**Collected data entries:**
####

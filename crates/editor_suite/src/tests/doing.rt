//! Records changes and shows the outcome.
use crate::tests::tree::{Tree, payload, root};
use std::alloc::Global;
use std::test::Fail;
use syntax_editor::{FinishError, RecordError, SyntaxEdit, SyntaxEditor};
use syntax_tree::{Position, SyntaxElement, SyntaxMappingBuilder, SyntaxNode, TreeIds};

/// The up-path of a parent, and the index of the child that follows the gap.
pub type Gap<'a> = (&'a [usize], usize);

/// A call on an editor. Elements are named by their up-paths, payloads by their texts.
///
/// `Remove` replaces an element with none. `Wrap` replaces the path with one in parentheses; if its
/// flag is set, the old path is mapped to the new one.
#[derive(Clone, Copy)]
pub enum Do<'a> {
    Insert(Gap<'a>, &'a [&'static str]),
    Replace(&'a [usize], &'static str),
    Delete(&'a [usize]),
    Many(&'a [usize], &'a [&'static str]),
    Remove(&'a [usize]),
    DeleteAll(&'a [usize], &'a [usize]),
    ReplaceAll(&'a [usize], &'a [usize], &'a [&'static str]),
    Deleted(&'a [usize]),
    Foreign(&'a [usize]),
    Wrap(bool),
}

/// An editor, the numbers of its payloads' trees, and the payloads by their texts.
#[derive(Drop)]
struct Bench {
    alloc: Global,
    ids: TreeIds,
    editor: SyntaxEditor,
    payloads: Vec<(&'static str, SyntaxElement)>,
    out: String,
}

impl Bench {
    fn element(&self, way: &[usize]) -> Result<SyntaxElement, Fail> {
        match self.editor.root().element_at(self.alloc, way)? {
            Some(element) => Ok(element),
            None => Err(Fail::new("no such element")),
        }
    }

    /// Returns the payload of a text: the same element for each use of that text.
    fn payload(&mut self, text: &'static str) -> Result<SyntaxElement, Fail> {
        for (known, element) in &self.payloads {
            if *known == text {
                return Ok(element.clone()?);
            }
        }
        let element = payload(self.alloc, text, &mut self.ids)?;
        let copy = element.clone()?;
        self.payloads.push((text, copy))?;
        Ok(element)
    }

    fn all(&mut self, texts: &[&'static str]) -> Result<Vec<SyntaxElement>, Fail> {
        let mut all = Vec::new(self.alloc);
        for text in texts {
            let element = self.payload(*text)?;
            all.push(element)?;
        }
        Ok(all)
    }

    fn place(&self, (parent, index): Gap<'_>) -> Result<Position, Fail> {
        match self.element(parent)? {
            SyntaxElement::Node(parent) => Ok(Position { parent, index }),
            SyntaxElement::Token(_) => Err(Fail::new("a token has no gaps")),
        }
    }

    fn insert_at(&mut self, place: Position, new: Vec<SyntaxElement>) -> Result<(), Fail> {
        let recorded = match new.as_slice() {
            [one] => self.editor.insert(self.alloc, place, one),
            _ => self.editor.insert_all(self.alloc, place, new),
        };
        self.tell(recorded)
    }

    fn insert(&mut self, gap: Gap<'_>, texts: &[&'static str]) -> Result<(), Fail> {
        let new = self.all(texts)?;
        self.insert_at(self.place(gap)?, new)
    }

    /// Deletes an element of another tree, which is an error.
    fn foreign(&mut self, way: &[usize]) -> Result<(), Fail> {
        let other = root(self.alloc, Tree::Args, &mut self.ids)?;
        match other.element_at(self.alloc, way)? {
            Some(element) => self.delete_element(&element),
            None => Err(Fail::new("no such element")),
        }
    }

    /// Maps the path in the file to the one in parentheses.
    fn map(&mut self, parens: &SyntaxNode) -> Result<(), Fail> {
        let mut builder = SyntaxMappingBuilder::new(self.alloc, parens.clone()?)?;
        let input = path(self.alloc, self.editor.root())?;
        builder.map_node(self.alloc, input, path(self.alloc, parens)?)?;
        builder.finish(self.editor.mappings())?;
        Ok(())
    }

    /// Replaces the path in the file with one in parentheses; maps it there if `is_mapped`.
    fn wrap(&mut self, is_mapped: bool) -> Result<(), Fail> {
        let parens = root(self.alloc, Tree::Wrapped, &mut self.ids)?;
        if is_mapped {
            self.map(&parens)?;
        }
        self.replace_by(&[0], &SyntaxElement::Node(parens))
    }

    fn deleted(&mut self, way: &[usize]) -> Result<(), Fail> {
        let element = self.element(way)?;
        let is_deleted = self.editor.deleted(&element);
        let word = if is_deleted { "true " } else { "false " };
        Ok(self.out.push_str(word)?)
    }

    fn replace_by(&mut self, way: &[usize], new: &SyntaxElement) -> Result<(), Fail> {
        let old = self.element(way)?;
        let recorded = self.editor.replace(self.alloc, &old, new);
        self.tell(recorded)
    }

    fn replace(&mut self, way: &[usize], text: &'static str) -> Result<(), Fail> {
        let new = self.payload(text)?;
        self.replace_by(way, &new)
    }

    fn delete_element(&mut self, old: &SyntaxElement) -> Result<(), Fail> {
        let recorded = self.editor.delete(self.alloc, old);
        self.tell(recorded)
    }

    fn delete(&mut self, way: &[usize]) -> Result<(), Fail> {
        let old = self.element(way)?;
        self.delete_element(&old)
    }

    /// Replaces an element with many elements, or with none.
    fn many(&mut self, way: &[usize], texts: &[&'static str]) -> Result<(), Fail> {
        let new = self.all(texts)?;
        let old = self.element(way)?;
        let recorded = self.editor.replace_with_many(self.alloc, &old, new);
        self.tell(recorded)
    }

    fn delete_all(&mut self, from: &[usize], to: &[usize]) -> Result<(), Fail> {
        let first = self.element(from)?;
        let last = self.element(to)?;
        let recorded = self.editor.delete_all(self.alloc, &first, &last);
        self.tell(recorded)
    }

    fn replace_all(
        &mut self,
        from: &[usize],
        to: &[usize],
        texts: &[&'static str],
    ) -> Result<(), Fail> {
        let first = self.element(from)?;
        let last = self.element(to)?;
        let new = self.all(texts)?;
        let recorded = self.editor.replace_all(self.alloc, &first, &last, new);
        self.tell(recorded)
    }

    fn run(&mut self, doing: Do<'_>) -> Result<(), Fail> {
        match doing {
            Do::Insert(gap, texts) => self.insert(gap, texts),
            Do::Replace(way, text) => self.replace(way, text),
            Do::Delete(way) => self.delete(way),
            Do::Many(way, texts) => self.many(way, texts),
            Do::Remove(way) => self.many(way, &[]),
            Do::DeleteAll(from, to) => self.delete_all(from, to),
            Do::ReplaceAll(from, to, texts) => self.replace_all(from, to, texts),
            Do::Deleted(way) => self.deleted(way),
            Do::Foreign(way) => self.foreign(way),
            Do::Wrap(is_mapped) => self.wrap(is_mapped),
        }
    }

    fn tell(&mut self, recorded: Result<(), RecordError>) -> Result<(), Fail> {
        let word = match recorded {
            Ok(()) => "",
            Err(RecordError::Foreign) => "Foreign ",
            Err(RecordError::BadRange) => "BadRange ",
            Err(RecordError::BadTarget) => "BadTarget ",
            Err(RecordError::NoMemory) => return Err(Fail::new("out of memory")),
        };
        Ok(self.out.push_str(word)?)
    }
}

/// Returns the first child that is a node.
fn path(alloc: Global, root: &SyntaxNode) -> Result<SyntaxNode, Fail> {
    match root.children(alloc)?.next() {
        Some(node) => Ok(node?),
        None => Err(Fail::new("no child")),
    }
}

/// Returns a bench with an editor of `tree` that has no changes.
fn new_bench(alloc: Global, tree: Tree) -> Result<Bench, Fail> {
    let mut ids = TreeIds::new();
    let root = root(alloc, tree, &mut ids)?;
    let (editor, _root) = SyntaxEditor::new(alloc, root, &mut ids)?;
    let bench = Bench {
        alloc,
        ids,
        editor,
        payloads: Vec::new(alloc),
        out: String::new(alloc),
    };
    Ok(bench)
}

/// Runs the calls. Returns their errors, then the new text with the ranges that changed, or the
/// error of finishing.
pub(crate) fn answer(alloc: Global, tree: Tree, doings: &[Do<'_>]) -> Result<String, Fail> {
    let mut bench = new_bench(alloc, tree)?;
    for doing in doings {
        bench.run(*doing)?;
    }
    finished(alloc, bench)
}

/// Returns the output so far, followed by the outcome of the editor.
fn finished(alloc: Global, bench: Bench) -> Result<String, Fail> {
    let Bench {
        mut ids,
        editor,
        mut out,
        ..
    } = bench;
    tell_end(alloc, &mut out, editor.finish(alloc, &mut ids))?;
    Ok(out)
}

fn tell_end(
    alloc: Global,
    out: &mut String,
    end: Result<SyntaxEdit, FinishError>,
) -> Result<(), Fail> {
    match end {
        Ok(edit) => show(alloc, out, &edit),
        Err(refusal) => Ok(out.push_str(name_of(refusal)?)?),
    }
}

/// Appends the new text and the ranges in it that changed.
pub(crate) fn show(alloc: Global, out: &mut String, edit: &SyntaxEdit) -> Result<(), Fail> {
    let text = edit.new_root().cursor().text()?;
    let text = format!(in alloc; "{text}")?;
    out.push_str(&text)?;
    for range in edit.changed() {
        let range = format!(in alloc; " {}..{}", range.start().0, range.end().0)?;
        out.push_str(&range)?;
    }
    Ok(())
}

fn name_of(refusal: FinishError) -> Result<&'static str, Fail> {
    match refusal {
        FinishError::Intersecting => Ok("Intersecting"),
        FinishError::MissingMapping => Ok("MissingMapping"),
        FinishError::TooLong => Ok("TooLong"),
        FinishError::NoTreeNumber => Ok("NoTreeNumber"),
        FinishError::NoMemory => Err(Fail::new("out of memory")),
    }
}

/// Returns the node at up-path `way`.
pub(crate) fn node_at(alloc: Global, root: &SyntaxNode, way: &[usize]) -> Result<SyntaxNode, Fail> {
    match root.element_at(alloc, way)? {
        Some(SyntaxElement::Node(node)) => Ok(node),
        _ => Err(Fail::new("no such node")),
    }
}

/// Returns the edit that replaces node `old` with a literal.
fn replaced(
    alloc: Global,
    mut editor: SyntaxEditor,
    old: &SyntaxNode,
    ids: &mut TreeIds,
) -> Result<SyntaxEdit, Fail> {
    let new = payload(alloc, "LITERAL 3", ids)?;
    let old = SyntaxElement::Node(old.clone()?);
    editor.replace(alloc, &old, &new)?;
    Ok(editor.finish(alloc, ids)?)
}

/// Returns the text of the new node that `find_element` finds for `old`.
fn text_at(alloc: Global, edit: &SyntaxEdit, old: &SyntaxNode) -> Result<String, Fail> {
    match edit.find_element(alloc, old)? {
        Some(node) => Ok(format!(in alloc; "{}", node.cursor().text()?)?),
        None => Err(Fail::new("nothing is found")),
    }
}

/// Returns the text of the node that is found for the second literal after it was replaced.
pub(crate) fn found_text(alloc: Global) -> Result<String, Fail> {
    let mut ids = TreeIds::new();
    let root = root(alloc, Tree::Args, &mut ids)?;
    let old = node_at(alloc, &root, &[4])?;
    let edit = replaced(alloc, SyntaxEditor::of_root(alloc, root), &old, &mut ids)?;
    text_at(alloc, &edit, &old)
}
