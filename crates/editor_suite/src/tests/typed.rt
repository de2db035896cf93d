//! Editors of typed nodes.
use crate::tests::tree::{Tree, root};
use parser_input::SyntaxKind;
use std::alloc::Global;
use std::collections::HashSet;
use std::test::Fail;
use syntax_editor::{
    AttrsOwnerEdit, Fn, ItemList, SourceFile, StmtList, Struct, SyntaxEditor, Use,
};
use syntax_tree::{AstNode, SyntaxElement, TreeIds};

/// Returns for each typed node whether `kind` can be cast to it: a file, a struct, a function, a
/// use, items, statements.
pub(crate) fn casts(kind: SyntaxKind) -> [bool; 6] {
    [
        SourceFile::can_cast(kind),
        Struct::can_cast(kind),
        Fn::can_cast(kind),
        Use::can_cast(kind),
        ItemList::can_cast(kind),
        StmtList::can_cast(kind),
    ]
}

/// Returns the statements of a block.
fn statements(alloc: Global, ids: &mut TreeIds) -> Result<StmtList, Fail> {
    let root = root(alloc, Tree::Lines, ids)?;
    let Some(SyntaxElement::Node(node)) = root.element_at(alloc, &[1])? else {
        return Err(Fail::new("no statements"));
    };
    match StmtList::cast(node) {
        Some(list) => Ok(list),
        None => Err(Fail::new("of another type")),
    }
}

/// Returns the number and the text of the tree that is edited for the statements of a block, and
/// whether its root is the typed root.
pub(crate) fn typed_copy(alloc: Global) -> Result<String, Fail> {
    let mut ids = TreeIds::new();
    let list = statements(alloc, &mut ids)?;
    let (editor, root) = SyntaxEditor::with_ast_node(alloc, &list, &mut ids)?;
    let is_root = *editor.root() == *root.syntax();
    let text = editor.root().cursor().text()?;
    Ok(format!(in alloc; "{} {text} {is_root}", editor.root().tree())?)
}

/// Returns whether a set that holds a typed node contains a clone of it, and the equal node of
/// another tree.
pub(crate) fn holds_clone_and_other(alloc: Global) -> Result<[bool; 2], Fail> {
    let mut ids = TreeIds::new();
    let list = statements(alloc, &mut ids)?;
    let clone = list.clone()?;
    let other = statements(alloc, &mut ids)?;
    let mut set = HashSet::new(alloc);
    set.insert(list)?;
    Ok([set.contains(&clone), set.contains(&other)])
}

/// Returns the text of a struct after its attributes and documentation are removed.
pub(crate) fn stripped(alloc: Global) -> Result<String, Fail> {
    let mut ids = TreeIds::new();
    let node = root(alloc, Tree::Documented, &mut ids)?;
    let mut editor = SyntaxEditor::of_root(alloc, node.clone()?);
    let Some(documented) = Struct::cast(node) else {
        return Err(Fail::new("of another type"));
    };
    documented.remove_attrs_and_docs(alloc, &mut editor)?;
    let edit = editor.finish(alloc, &mut ids)?;
    Ok(format!(in alloc; "{}", edit.new_root().cursor().text()?)?)
}
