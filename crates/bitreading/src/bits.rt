// The bits that a caller lends, one a byte, each 0 or 1.
#![tactic(auto)]

ghost use Rattle.std.specs.Prelude.{◌≡◌, get_or};
ghost use Rattle.bitreading.specs.FineBits.{FineBits};

use words::list::at_or;

#[derive(Clone, Copy)]
pub struct Bits<'a> {
    pub bytes: &'a [u8],
    ghost fine: { FineBits bytes.now },
}

impl Bits<'_> {
    // A bit, 0 past the last one.
    pub fn at(&self, i: usize) -> usize
        ensures { result ≡ get_or self.now.bytes.now i 0 }
    {
        at_or(self.bytes, i, 0) as usize
    }
}
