// Bits read by the lists of the variables' bits: their faults, the sums of their weights, the value that a variable's bits read as.
// That `first` and a width are no sums that wrap stays a clause: no plainer in a type, since each caller's number is a sum or a part of its own.
#![tactic(auto)]

ghost use Rattle.std.specs.Prelude.{◌≡◌, ◌*◌, ◌<◌, ◌≤◌, pos, nat_abs, length, min, replicate};
ghost use Rattle.integers.specs.Number.{+0};
ghost use Rattle.integers.specs.Bounds.{◌to◌};
ghost use Rattle.integers.specs.Terms.{sum};
ghost use Rattle.words.specs.Faults.{refusal_of};
ghost use Rattle.words.specs.Limit as Limit;
ghost use Rattle.bitrows.specs.Values.{largest_value};
ghost use Rattle.words.specs.Refusal.{accepted};
ghost use Rattle.rowsystems.specs.Reading.{read_rows};
ghost use Rattle.bitforms.specs.OverBits.{evaluate, weighted_bits};
ghost use Rattle.bitforms.specs.Weights.{weights};
ghost use Rattle.bitlines.specs.Sizes as Size;
ghost use Rattle.bittables.specs.BitTables.{encoding_by, firsts, counts};
ghost use Rattle.bitanswers.specs.BitFaults.{bit_fault_from};
ghost use Rattle.bitreading.specs.BitsGiven.{bits_in, bits_fault_by, BitsKept};

pub mod bits;

use crate::bits::Bits;
use bitchecks::count_bits;
use bittables::table::{BitTable, BitVariable, bits_at};
use bittables::{keep_bits, span_at};
use extremes::keep_bounds;
use integers::plus;
use words::domain::{Domain, domain_of};
use words::fault::{Fault, Refusal};
use words::limit;

// The sum of weight × bit, for each weight of a width, the bits numbered from `first` on.
// Its walk over the weights is apart from `add_weights`: a function of both, which takes a closure and its clauses, is no plainer than the four lines.
pub fn weigh(bits: &Bits, first: usize, width: usize) -> usize
    requires { (first < 4 * Size.sums) × (width < 4 * Size.sums) }
    ensures value { pos result ≡ sum (bits_in bits.now.bytes.now) (weighted_bits first (weights width)) }
    ensures size { result ≤ width }
{
    let mut total = 0;
    let mut at = first;
    let mut weight = 1;
    let mut left = width;
    // no count to go over: the loop ends by the width that is left
    while 0 < left {
        let w = weight.min(left);
        total += w * bits.at(at);
        left -= w;
        weight += weight;
        at += 1;
    }
    total
}

// The value that the bits of variable v read as.
pub fn read_variable(bits: &Bits, table: &BitTable, v: usize) -> i64
    ensures value { result ≡ evaluate (bits_in bits.now.bytes.now) (encoding_by table.now.domains.now (firsts table.now.bits.now) v) }
    ensures size { nat_abs result ≤ largest_value }
{
    plus(
        domain_of(table.domains, v).lower(),
        weigh(
            bits,
            bits_at(table.bits, v).first,
            span_at(table.domains, v),
        ) as i64,
    )
}

// The larger of the two values of a bit.
const ONE: u8 = 1;

// The first byte that is neither 0 nor 1, as a refusal.
fn check_bytes(bytes: &[u8]) -> Result<(), Refusal>
    ensures { refusal_of result ≡ bit_fault_from 0 bytes.now }
{
    for (place, &byte) in bytes.iter().enumerate() {
        if ONE < byte {
            return Err(Refusal {
                fault: Fault::NotABit,
                place,
            });
        }
    }
    Ok(())
}

// 23, 15 or 25, where there are to be n bits.
pub fn check_bits(bytes: &[u8], n: usize) -> Result<(), Refusal>
    ensures { refusal_of result ≡ bits_fault_by n bytes.now }
{
    if limit::BITS < n {
        return Err(Refusal {
            fault: Fault::TooManyBits,
            place: 0,
        });
    }
    if bytes.len() != n {
        return Err(Refusal {
            fault: Fault::WrongValueCount,
            place: 0,
        });
    }
    check_bytes(bytes)
}

// The words of a short row system: lists of as many elements have room for its variables, and are sooner cleared than those for the most.
pub const SHORT: usize = 1024;

// How many variables there are, the number of the first bit that no variable has, and how many bits there are.
#[derive(Clone, Copy, Debug, PartialEq, Eq)]
pub struct BitNumbers {
    pub variables: usize,
    pub start: usize,
    pub all: usize,
}

// Puts the bounds and the bits of the variables of accepted words to the front of two lists, which have none before and as many elements as there are
// words, or the most variables.
pub fn list_bits(ws: &[u32], domains: &mut [Domain], bits: &mut [BitVariable]) -> BitNumbers
    requires reads { read_rows ws.now ≡ accepted }
    requires room { min (length ws.now) Limit.in_all ≤ length domains.old }
    requires no_domains { domains.old ≡ replicate (length domains.old) (+0 to +0) }
    requires no_bits { (firsts bits.old ≡ replicate (length domains.old) 0) × (counts bits.old ≡ replicate (length domains.old) 0) }
    ensures { BitsKept ws.now domains.new bits.new result.variables result.start result.all }
{
    let variables = keep_bounds(ws, domains);
    let start = keep_bits(domains, variables, bits);
    BitNumbers {
        variables,
        start,
        all: count_bits(ws, domains, bits, start),
    }
}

####

The stretch of entries above that starts with the line containing "parentheses; if its" and goes on through the line containing "Many(&'a [usize], &'a" is to be transcribed exactly, and no other line is to be transcribed.

/// `Remove` replaces an element with none. `Wrap` replaces the path with one in parentheses; if its
/// flag is set, the old path is mapped to the new one.
#[derive(Clone, Copy)]
pub enum Do<'a> {
    Insert(Gap<'a>, &'a [&'static str]),
    Replace(&'a [usize], &'static str),
    Delete(&'a [usize]),
    Many(&'a [usize], &'a [&'static str]),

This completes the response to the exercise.